Jefferies International Limited
Gary Gould
Stuart Klein
+44 (0) 20 7029 8000

Kempen & Co N.V.
Dick Boer
Thomas ten Hoedt
+31 (0) 20 348 8500

Akur Limited
Anthony Richardson
Tom Frost
Siobhan Sergeant
+44 (0) 20 7493 3631

Maitland/AMO (Communications Adviser)
James Benjamin
+44 (0) 20 7379 5151

The Company’s LEI is: 213800HK59N7H979QU33.

Tritax EuroBox plc invests in and manages a well-diversified portfolio of well-located Continental European logistics real estate assets that are expected to deliver an attractive capital return and secure income to shareholders. These assets fulfil key roles in the logistics and distribution supply-chain focused on the most established logistics markets and on the major population centres across core Continental European countries.

Occupier demand for Continental European logistics assets is in the midst of a major long-term structural change principally driven by the growth of e-commerce. This is evidenced by technological advancements, increased automation and supply-chain optimisation, set against a backdrop of resurgent economic growth across much of Continental Europe.

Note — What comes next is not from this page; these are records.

//! A life that fills area after area: of one process, wanted with two instances and one by turns.
use super::does;
use crate::asserts::{holds, is_kept, is_number};
use crate::bytes::EMPTY;
use crate::making::{Opened, desire, disk_in, disk_of, found_in, kept, loaded, update};
use bbs_board::{Board, KeptIn};
use bbs_model::Command;
use disk_trait::{Area, Disk, MemoryDisk};
use std::alloc::Global;
use std::process::Abort;
use std::test::Fail;

/// Its first transition, and those that follow it by turns: to two instances and to one.
pub type Life = [Command; 3];

pub fn make_life() -> Result<Life, Fail> {
    Ok([desire(b'w', 1)?, update(0, b"w", 2)?, update(0, b"w", 1)?])
}

fn transition(life: &Life, number: u64) -> Command {
    if number == 0 {
        life[0]
    } else if number % 2 == 1 {
        life[1]
    } else {
        life[2]
    }
}

/// Goes on until there were so many transitions.
pub fn live<D: Disk>(rt: &impl Abort, board: &mut Board<D>, life: &Life, next: u64) {
    for number in board.next()..next {
        holds(rt, does(board, transition(life, number)));
    }
}

// After so many transitions the board is kept there.
fn passes<D: Disk + Drop>(
    rt: &impl Abort,
    mut board: Board<D>,
    life: &Life,
    stations: &[(u64, KeptIn)],
) -> D {
    for (next, kept) in stations {
        live(rt, &mut board, life, *next);
        is_number(rt, board.next(), *next);
        is_kept(rt, board.kept_in(), *kept);
    }
    disk_in(board)
}

/// The disk of a board that is loaded from this area and passes these stations.
pub fn lived(
    rt: &impl Abort,
    alloc: Global,
    area: &[u8],
    stations: &[(u64, KeptIn)],
) -> Result<MemoryDisk, Fail> {
    let life = make_life()?;
    let board = loaded(alloc, disk_of(alloc, area, b"", &[])?)?;
    Ok(passes(rt, board, &life, stations))
}

/// How many device calls the load of a full area makes: its 69,695 bytes are read in two pieces.
pub const FULL_CALLS: u64 = 8;

/// An area of generation 1 with so many frames.
pub fn area_with(rt: &impl Abort, alloc: Global, frames: u64) -> Result<Vec<u8>, Fail> {
    let disk = lived(rt, alloc, &EMPTY, &[(frames, kept(Area::A, 1, frames))])?;
    Ok(disk.bytes(Area::A).to_vec(alloc)?)
}

// Where a board is found, after how many transitions, and with how many instances.
fn is_found(rt: &impl Abort, found: &Opened, kept: KeptIn, next: u64, instances: u32) {
    is_kept(rt, found.kept, kept);
    is_number(rt, found.rows.next, next);
    let wanted = found.rows.desired.items();
    holds(rt, wanted.len() == 1);
    is_number(rt, wanted[0].instances as u64, instances as u64);
}

// The last area, and the one that was left, which is as it was.
fn are_found(rt: &impl Abort, alloc: Global, a: &[u8], b: &[u8]) -> Result<(), Fail> {
    is_found(rt, &found_in(alloc, a, b)?, kept(Area::B, 4, 1), 12289, 1);
    is_found(
        rt,
        &found_in(alloc, a, b"")?,
        kept(Area::A, 3, 4096),
        12288,
        2,
    );
    Ok(())
}

#[test]
fn a_board_whose_area_is_full_goes_on_in_the_other_one(rt: HostRuntime) -> Result<(), Fail> {
    let alloc = rt.alloc();
    let stations = [
        (4095, kept(Area::A, 1, 4095)),
        (4096, kept(Area::A, 1, 4096)),
        (4097, kept(Area::B, 2, 1)),
        (8192, kept(Area::B, 2, 4096)),
        (8193, kept(Area::A, 3, 1)),
        (12288, kept(Area::A, 3, 4096)),
        (12289, kept(Area::B, 4, 1)),
    ];
    let disk = lived(&rt, alloc, &EMPTY, &stations)?;
    are_found(&rt, alloc, disk.bytes(Area::A), disk.bytes(Area::B))
}

// Ten transitions for which room was made. The seventh finds 4,096 frames, and makes a checkpoint.
fn has_room<D: Disk + Drop>(rt: &impl Abort, mut board: Board<D>, life: &Life) -> D {
    holds(rt, board.reserve(10).is_ok());
    live(rt, &mut board, life, 4100);
    is_kept(rt, board.kept_in(), kept(Area::B, 2, 4));
    disk_in(board)
}

#[test]
fn ten_calls_find_their_room_also_where_one_makes_a_checkpoint(
    rt: HostRuntime,
) -> Result<(), Fail> {
    let alloc = rt.alloc();
    let life = make_life()?;
    let area = area_with(&rt, alloc, 4090)?;
    let board = loaded(alloc, disk_of(alloc, &area, b"", &[])?)?;
    let disk = has_room(&rt, board, &life);
    is_number(&rt, disk.clock(), FULL_CALLS + 10 * 4 + 8);
    Ok(())
}
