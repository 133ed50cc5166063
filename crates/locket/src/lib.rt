//! A locket: leases with fences that never come again, kept in a journal. Whatever a stop leaves is
//! opened with a beginning of what was done, and all that was acknowledged is in it.
#![tactic(auto)]

mod bytes;
mod command;
mod deciding;
mod following;
mod item;
mod laws;
mod loading;
mod locket;
mod memory_loading;
mod parts;
mod reply;
mod state;
mod telling;
mod verdict;

pub use bytes::{put_lock_command, read_lock_command};
pub use command::{LockCommand, LockOp};
pub use deciding::step;
pub use item::LockItem;
pub use loading::load;
pub use locket::Locket;
pub use memory_loading::load_from_memory;
pub use parts::LocketParts;
pub use reply::{LockFault, LockRefusal, LockReply};
pub use state::{Lease, LockState};
pub use verdict::LockVerdict;
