//! What a locket holds.
ghost use Rattle.std.specs.Prelude.{◌≡◌};
ghost use Rattle.locket.specs.Lives.{unused};

use crash_backoff::Moment;
use diego_names::Name;

/// A lease of one holder.
#[derive(Clone, Copy, Debug, PartialEq, Eq)]
pub struct Lease {
    pub owner: Name,
    /// The number of the lease, from 1 on. No other lease of the locket has it.
    pub fence: u64,
    /// The moment from which it holds no more, in seconds.
    pub until: u64,
}

/// The state of a locket.
#[derive(Clone, Copy, Debug, PartialEq, Eq)]
pub struct LockState {
    /// The fence that was given last, and 0 before the first.
    pub last: u64,
    /// The moment of the last change.
    pub seen: Moment,
    /// The lease that was given last, unless it was released. It may have run out.
    pub held: Option<Lease>,
    /// How many changes there were in the locket's life.
    pub count: u32,
}

impl LockState {
    /// The state of a locket that was never used.
    pub(crate) fn unused() -> LockState
        ensures { result ≡ unused }
    {
        LockState {
            last: 0,
            seen: Moment(0),
            held: None,
            count: 0,
        }
    }
}
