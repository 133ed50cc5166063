//! Commands that change processes and instances, drawn by chance.
ghost use Rattle.std.specs.Prelude.{◌<◌};

use crate::making::wanted;
use bbs_model::Op;
use cell_records::Amounts;
use diego_names::{Instance, Key, Name};
use lrp_records::Desired;
use std::test::Fail;

// The names of two processes and two cells.
#[derive(Clone, Copy)]
pub(super) struct Names {
    pub(super) a: Name,
    pub(super) b: Name,
    pub(super) c1: Name,
    pub(super) c2: Name,
}

pub(super) fn all_names() -> Result<Names, Fail> {
    Ok(Names {
        a: Name::read(b"a")?,
        b: Name::read(b"b")?,
        c1: Name::read(b"c1")?,
        c2: Name::read(b"c2")?,
    })
}

// The next of a row of numbers that look like chance, below a bound.
fn draw(seed: &mut u32, below: u32) -> u32
    requires { 0 < below }
    ensures { result < below }
{
    *seed = seed.wrapping_mul(1_664_525).wrapping_add(1_013_904_223);
    (*seed >> 8) % below
}

fn process_of(n: &Names, seed: &mut u32) -> Name {
    if draw(seed, 2) == 0 { n.a } else { n.b }
}

// A cell, and the one container of this instance on it.
fn place_of(n: &Names, index: u32, seed: &mut u32) -> (Name, Instance) {
    let number = index;
    if draw(seed, 2) == 0 {
        (n.c1, Instance { epoch: 0, number })
    } else {
        (n.c2, Instance { epoch: 1, number })
    }
}

pub(super) fn join(cell: Name, ttl: u32) -> Op {
    Op::Join {
        cell,
        zone: cell,
        tag: None,
        totals: Amounts {
            memory: 1024,
            disk: 4096,
            containers: 100,
        },
        ttl,
    }
}

fn update(n: &Names, process: Name, seed: &mut u32) -> Op {
    let route = match draw(seed, 4) {
        0 => None,
        1 => Some(n.a),
        _ => Some(process),
    };
    let port = if draw(seed, 2) == 0 { 80 } else { 81 };
    Op::Update {
        process,
        instances: 3,
        route,
        port,
    }
}

fn desire(process: Name) -> Op {
    Op::Desire {
        desired: Desired {
            instances: 3,
            ..wanted(process, Some(process), 80)
        },
    }
}

// What becomes of an instance.
fn move_of(key: Key, instance: Instance, cell: Name, seed: &mut u32) -> Op {
    match draw(seed, 14) {
        0 | 1 => Op::Make { key },
        2 => Op::Claim {
            key,
            instance,
            cell,
        },
        3 => Op::Crash { key, instance },
        4 => Op::Restart { key },
        5 => Op::Evacuate { key, instance },
        6 => Op::DropEvacuating { key, instance },
        7 => Op::Suspect { key, instance },
        8 => Op::DropSuspect { key, instance },
        9 => Op::Remove {
            key,
            instance: Some(instance),
        },
        _ => Op::Start {
            key,
            instance,
            cell,
        },
    }
}

pub(super) fn op_of(n: &Names, seed: &mut u32) -> Op {
    let process = process_of(n, seed);
    let index = draw(seed, 2);
    let (cell, instance) = place_of(n, index, seed);
    match draw(seed, 16) {
        0 | 1 => update(n, process, seed),
        2 | 3 => desire(process),
        4 => Op::Undesire { process },
        _ => move_of(Key { process, index }, instance, cell, seed),
    }
}
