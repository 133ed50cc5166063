//! A plan of headroom foretells the round of the board.
#![tactic(auto)]

mod laws;

pub use laws::{
    displaced_jobs_find_room, losses_go_as_planned, losses_leave_the_site, plans_are_rounds,
    records_read_the_site, room_leaves_nothing_waiting, room_makes_rounds_complete,
    rounds_leave_what_plans_leave,
};
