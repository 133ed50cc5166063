//! Loading from a disk in memory, which tells its past at every moment.
ghost use Rattle.std.specs.Prelude.{Some, IfOk, IfErr};
ghost use Rattle.byte_ports.specs.Cause.{HasCause};
ghost use Rattle.disk_trait.specs.Memory.{memory_past, calls_of, faults_of};
ghost use Rattle.disk_trait.specs.Past.{Image};
ghost use Rattle.disk_trait.specs.Shows.{Shows, KeepsContent, Secures};
ghost use Rattle.disk_trait.specs.Steps.{Goes};
ghost use Rattle.bbs_journal.specs.LoadFaults.{is_load_disk_fault};
ghost use Rattle.locket.specs.Opening.{IsLocket, RefusesLocket};
ghost use Rattle.locket.specs.View.{IsLocketFrom};

use crate::loading::load;
use crate::locket::Locket;
use bbs_journal::LoadFault;
use disk_trait::MemoryDisk;
use std::alloc::Global;

/// The same as `load`, with the sharper promise for a disk that never falls silent: what is found, or
/// refused, is what the disk held when it was handed in.
pub fn load_from_memory(
    alloc: Global,
    disk: MemoryDisk,
) -> Result<Locket<MemoryDisk>, (MemoryDisk, LoadFault)>
    ensures found { IfOk result (λ l. (c : Image) → Shows (Some (memory_past disk)) c →
        IsLocket l.base c) }
    ensures loaded { IfOk result (IsLocketFrom calls_of faults_of disk) }
    ensures refused { IfErr result (λ e. (c : Image) → Shows (Some (memory_past disk)) c →
        RefusesLocket e.1 c) }
    ensures ok { IfOk result (λ l. Goes (Some (memory_past disk)) (Some (memory_past l.disk))
        Secures) }
    ensures err { IfErr result (λ e. Goes (Some (memory_past disk)) (Some (memory_past e.0)) KeepsContent) }
    ensures cause { IfErr result (λ e. HasCause (is_load_disk_fault e.1)
        (faults_of disk) (faults_of e.0)) }
{
    load(alloc, disk)
}
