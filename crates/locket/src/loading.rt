//! Loading a locket: the journal, then its head, then its commands one after another.
ghost use Rattle.std.specs.Prelude.{◌≡◌, IfOk, IfErr};
ghost use Rattle.byte_ports.specs.Cause.{HasCause};
ghost use Rattle.disk_trait.specs.Past.{Image};
ghost use Rattle.disk_trait.specs.Shows.{Shows, KeepsContent, Secures};
ghost use Rattle.disk_trait.specs.Steps.{Goes};
ghost use Rattle.bbs_journal.specs.LoadFaults.{is_load_disk_fault};
ghost use Rattle.bbs_journal.specs.NotLoaded.{IsWhy, IsCutAt, is_disk_why};
ghost use Rattle.locket.specs.Opening.{IsLocket, RefusesLocket};
ghost use Rattle.locket.specs.View.{IsLocketFrom};

use crate::following::locks_of;
use crate::locket::Locket;
use bbs_journal::{LoadFault, NotLoaded};
use disk_trait::Disk;
use payload_log::PayloadLog;
use std::alloc::Global;

/// The most bytes that the head of a locket has. A longer one is none from its first byte on.
const LONGEST_HEAD: u32 = 28;

/// Why a disk holds no locket, by why no journal was loaded from it.
fn fault_of(why: NotLoaded) -> LoadFault
    requires { IsCutAt 28 why }
    ensures refuses { (c : Image) → IsWhy why c → RefusesLocket result c }
    ensures cause { is_load_disk_fault result ≡ is_disk_why why }
{
    match why {
        NotLoaded::Fault(fault) => fault,
        NotLoaded::LongHead(long) => LoadFault::Damaged {
            area: long.area,
            at: 23,
        },
    }
}

/// Loads the locket that a disk holds, and syncs both areas. It writes nothing.
pub fn load<D: Disk>(alloc: Global, disk: D) -> Result<Locket<D>, (D, LoadFault)>
    ensures found { IfOk result (λ l. (c : Image) → Shows (D.told l.disk) c → IsLocket l.base c) }
    ensures loaded { IfOk result (IsLocketFrom D.moment D.fault_count disk) }
    ensures refused { IfErr result (λ e. (c : Image) → Shows (D.told e.0) c → RefusesLocket e.1 c) }
    ensures ok { IfOk result (λ l. Goes (D.told disk) (D.told l.disk) Secures) }
    ensures err { IfErr result (λ e. Goes (D.told disk) (D.told e.0) KeepsContent) }
    ensures cause { IfErr result (λ e. HasCause (is_load_disk_fault e.1)
        (D.fault_count disk) (D.fault_count e.0)) }
{
    // A load that succeeds meets none.
    let faults = disk.faults();
    let loaded = match bbs_journal::load(alloc, disk, LONGEST_HEAD) {
        Ok(loaded) => loaded,
        Err((disk, why)) => return Err((disk, fault_of(why))),
    };
    let area = loaded.journal.area();
    match locks_of(
        loaded.version,
        area,
        &loaded.head,
        &loaded.frames,
        loaded.broken,
    ) {
        Ok(state) => Ok(Locket {
            log: PayloadLog::begin(alloc, loaded, faults),
            state,
        }),
        Err(fault) => Err((loaded.journal.into_disk(), fault)),
    }
}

The Company is targeting, on a fully invested and geared basis, an initial Ordinary Share dividend yield of 4.75% p.a.¹, which is expected to increase progressively through regular indexation events inherent in underlying lease agreements, and a total return on the Ordinary Shares of 9.0% p.a.¹ over the medium-term. The Company intends to pay dividends on a quarterly basis with shareholders able to receive dividends in Sterling or Euro.

Further information on Tritax EuroBox plc is available at www.tritaxeurobox.co.uk

1. Euro denominated returns, by reference to IPO issue price. These are targets only and not profit forecasts. There can be no assurances that these targets will be met and they should not be taken as indications of the Company’s expected or actual future results.